▶ _PROBLEM DESCRIPTION_: Look through the records below and collect all lines that hold the string "halves".

▶ _RECORD SET_:
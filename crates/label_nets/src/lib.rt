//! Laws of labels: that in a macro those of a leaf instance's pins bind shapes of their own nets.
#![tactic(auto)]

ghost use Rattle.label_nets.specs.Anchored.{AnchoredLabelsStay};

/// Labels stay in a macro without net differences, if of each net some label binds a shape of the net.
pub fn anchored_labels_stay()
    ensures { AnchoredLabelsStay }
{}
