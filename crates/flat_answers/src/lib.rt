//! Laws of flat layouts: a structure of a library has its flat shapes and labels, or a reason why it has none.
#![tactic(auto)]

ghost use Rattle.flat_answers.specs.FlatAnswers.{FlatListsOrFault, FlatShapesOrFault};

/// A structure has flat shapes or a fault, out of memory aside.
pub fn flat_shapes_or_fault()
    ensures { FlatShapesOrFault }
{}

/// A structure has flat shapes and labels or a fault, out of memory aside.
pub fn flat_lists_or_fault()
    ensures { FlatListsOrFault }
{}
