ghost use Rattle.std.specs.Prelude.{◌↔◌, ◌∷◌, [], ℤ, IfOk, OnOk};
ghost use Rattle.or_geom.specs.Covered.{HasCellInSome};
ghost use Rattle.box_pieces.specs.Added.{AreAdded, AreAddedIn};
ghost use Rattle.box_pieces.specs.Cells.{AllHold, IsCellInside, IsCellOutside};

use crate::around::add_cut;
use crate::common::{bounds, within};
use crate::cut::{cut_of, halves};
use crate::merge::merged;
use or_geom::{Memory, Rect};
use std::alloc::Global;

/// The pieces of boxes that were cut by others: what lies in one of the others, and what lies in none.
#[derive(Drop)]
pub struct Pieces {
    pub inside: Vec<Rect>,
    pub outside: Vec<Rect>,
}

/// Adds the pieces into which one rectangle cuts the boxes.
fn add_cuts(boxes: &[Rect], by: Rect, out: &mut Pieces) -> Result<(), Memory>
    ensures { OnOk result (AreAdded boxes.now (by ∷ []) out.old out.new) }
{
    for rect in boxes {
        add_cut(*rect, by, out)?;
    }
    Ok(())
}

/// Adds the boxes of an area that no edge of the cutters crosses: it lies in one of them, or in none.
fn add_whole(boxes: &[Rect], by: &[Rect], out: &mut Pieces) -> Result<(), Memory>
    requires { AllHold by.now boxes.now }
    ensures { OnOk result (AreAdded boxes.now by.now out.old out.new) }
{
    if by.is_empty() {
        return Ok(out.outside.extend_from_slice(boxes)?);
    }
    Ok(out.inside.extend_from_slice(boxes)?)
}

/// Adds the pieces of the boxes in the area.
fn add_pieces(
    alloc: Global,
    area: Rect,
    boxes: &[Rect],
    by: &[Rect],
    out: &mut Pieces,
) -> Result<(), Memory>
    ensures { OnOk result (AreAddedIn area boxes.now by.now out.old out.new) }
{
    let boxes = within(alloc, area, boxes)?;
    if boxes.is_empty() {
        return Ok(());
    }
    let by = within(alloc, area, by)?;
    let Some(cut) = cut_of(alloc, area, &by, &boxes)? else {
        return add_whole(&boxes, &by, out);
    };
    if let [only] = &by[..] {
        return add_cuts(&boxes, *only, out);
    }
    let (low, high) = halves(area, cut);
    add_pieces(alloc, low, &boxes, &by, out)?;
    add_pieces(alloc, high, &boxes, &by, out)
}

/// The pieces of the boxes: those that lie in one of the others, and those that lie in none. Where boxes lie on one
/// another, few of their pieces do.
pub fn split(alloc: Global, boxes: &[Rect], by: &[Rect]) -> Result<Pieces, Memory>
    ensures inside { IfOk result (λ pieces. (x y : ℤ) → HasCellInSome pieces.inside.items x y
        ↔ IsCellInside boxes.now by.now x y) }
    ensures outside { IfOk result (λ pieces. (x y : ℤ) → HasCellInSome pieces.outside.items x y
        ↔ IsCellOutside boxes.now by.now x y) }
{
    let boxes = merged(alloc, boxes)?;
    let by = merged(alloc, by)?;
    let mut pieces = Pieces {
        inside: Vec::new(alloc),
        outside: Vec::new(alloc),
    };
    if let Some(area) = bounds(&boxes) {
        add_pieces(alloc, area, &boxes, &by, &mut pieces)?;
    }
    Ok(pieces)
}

▶ _RESPONSE_:
use crate::cut::{cut_of, halves};
    let (low, high) = halves(area, cut);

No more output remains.